Given: Non-parallel sides PS and QR of a trapezium PQRS are equal.

Construction: Draw \(SM\perp{PQ}\) and \(RN\perp{PQ}\).

To prove: ABCD is cyclic trapezium.

Proof: In \(\triangle{SMP}\) and \(\triangle{RNQ}\), we have,

SP = RQ ...(Given)

SM = RN ...(Distance between two parallel twolines is always equal)

and \(\angle{SMP}\) = \(\angle{RNQ}\) ...(Each \(90^\circ\))

By RHS criterion, we get,

\(\triangle{SMP}\) \(\displaystyle \cong\) \(\triangle{RNQ}\)

Hence, \(\angle{P}\) = \(\angle{Q}\) ...(By CPCT)

Also, \(\angle{PSM}\) = \(\angle{QRN}\)

Now, adding \(90^\circ\) on both sides, we get,

Thus, \(\angle{PSM}\) + \(90^\circ\) = \(\angle{QRN}\) + \(90^\circ\)

So, \(\angle{MSR}\) + \(\angle{PSM}\) = \(\angle{NRS}\) + \(\angle{QRN}\) ...(Since, \(\angle{MSR}\) = \(\angle{NRS}\) = \(90^\circ\))

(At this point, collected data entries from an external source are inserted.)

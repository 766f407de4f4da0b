// Clusters cut one after another: each loses kept checkpoints, and the store their rows.
ghost use Rattle.std.specs.Prelude.{◌≡◌, ℕ, ◌<◌, Bool, true, filter, vec_len, vec_capacity, nat_le, nat_lt, slice_index};
ghost use Rattle.law.specs.Book.{Cluster as Group};
ghost use Rattle.law.specs.Restarts.{back, discard, prune as pruned};
ghost use Rattle.law.specs.Trials.{from};
ghost use Rattle.book.specs.View.{group, view};
ghost use Rattle.pruning.specs.Cutting.{row_back};

use crate::{Back, Collect};
use book::{Book, Cluster, STAYS, checkpoint_at};
use law::Checkpoint;
use store::{RowKey, Store};

// What a cut leaves of each cluster, and which checkpoints leave the store.
pub trait Cut {
    ghost change: { Self → ℕ → Group → Group };

    ghost gone: { Self → ℕ → ℕ → Bool };

    fn loses(&self, cluster: usize, number: u32) -> bool
        requires { cluster < 8 }
        ensures { result ≡ gone self.now cluster number };

    fn change(&self, cluster: &mut Cluster)
        ensures after { group cluster.new ≡ change self.now cluster.old.own (group cluster.old) }
        ensures own { cluster.new.own ≡ cluster.old.own };
}

// Drops from the store the rows of the checkpoints that a cluster loses.
fn discard_rows<C: Cut, S: Store>(store: &mut S, cluster: &Cluster, cut: &C)
    ensures { S.Store.model store.new ≡ discard cluster.now.own (C.Cut.gone cut.now cluster.now.own) cluster.now.kept.items (S.Store.model store.old) }
{
    for checkpoint in &cluster.kept {
        if cut.loses(cluster.own, checkpoint.number) {
            let _ = store.discard(RowKey {
                cluster: cluster.own as u8,
                number: checkpoint.number,
            });
        }
    }
}

// The row of a cluster as it was at its place.
fn row_back(cluster: &Cluster, place: u32) -> [u32; 8]
    ensures { result ≡ row_back place cluster.now.row cluster.now.kept.items }
{
    if place == STAYS {
        return cluster.row;
    }
    // tried: map_or; the proof did not close, since it leaves open which row is given
    match checkpoint_at(&cluster.kept, place) {
        Some(checkpoint) => checkpoint.row,
        None => cluster.row,
    }
}

// A cluster called back loses its checkpoints above its place, and has the row that it had there.
impl Cut for Back {
    ghost change = { λ b j. back (slice_index b.places j) };

    ghost gone = { λ b j n. nat_lt (slice_index b.places j) n };

    fn loses(&self, cluster: usize, number: u32) -> bool {
        self.places[cluster] < number
    }

    fn change(&self, cluster: &mut Cluster) {
        let place = self.places[cluster.own];
        let row = row_back(cluster, place);
        cluster.row = row;
        cluster.kept.retain(|checkpoint| checkpoint.number <= place);
    }
}

// A cluster collected loses its checkpoints below its bound.
impl Cut for Collect {
    ghost change = { λ b j. from (slice_index b.bounds j) };

    ghost gone = { λ b j n. nat_lt n (slice_index b.bounds j) };

    fn loses(&self, cluster: usize, number: u32) -> bool {
        number < self.bounds[cluster]
    }

    fn change(&self, cluster: &mut Cluster) {
        let bound = self.bounds[cluster.own];
        cluster.kept.retain(|checkpoint| bound <= checkpoint.number);
    }
}

// One cluster cut.
fn prune_cluster<C: Cut, S: Store>(cluster: &mut Cluster, store: &mut S, cut: &C)
    ensures after { group cluster.new ≡ C.Cut.change cut.now cluster.old.own (group cluster.old) }
    ensures own { cluster.new.own ≡ cluster.old.own }
    ensures store { S.Store.model store.new ≡ discard cluster.old.own (C.Cut.gone cut.now cluster.old.own) cluster.old.kept.items (S.Store.model store.old) }
{
    discard_rows(store, cluster, cut);
    cut.change(cluster);
}

// Every cluster cut, the first one first.
pub fn prune<C: Cut, S: Store>(book: &mut Book, store: &mut S, cut: &C)
    ensures { view book.new (S.Store.model store.new) ≡ pruned (C.Cut.change cut.now) (C.Cut.gone cut.now) (vec_len book.old.clusters) (view book.old (S.Store.model store.old)) }
{
    for cluster in book.clusters.iter_mut() {
        prune_cluster(cluster, store, cut);
    }
}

So, \(\angle{PSR}\) = \(\angle{QRS}\)

i.e., \(\angle{S}\) = \(\angle{R}\)

Thus, \(\angle{P}\) = \(\angle{Q}\) and \(\angle{S}\) = \(\angle{R}\)

Since, Sum of the angles of a quadrilateral is \(360^\circ\)

We get, \(\angle{P}\) + \(\angle{Q}\) + \(\angle{S}\) + \(\angle{R}\) = \(360^\circ\)

From eq. (i), we get,

2[\(\angle{Q}\) + \(\angle{S}\)] = \(360^\circ\)

Therefore, [\(\angle{Q}\) + \(\angle{S}\)] = \(180^\circ\)

Hence, it is proved that PQRS is a cyclic trapezium.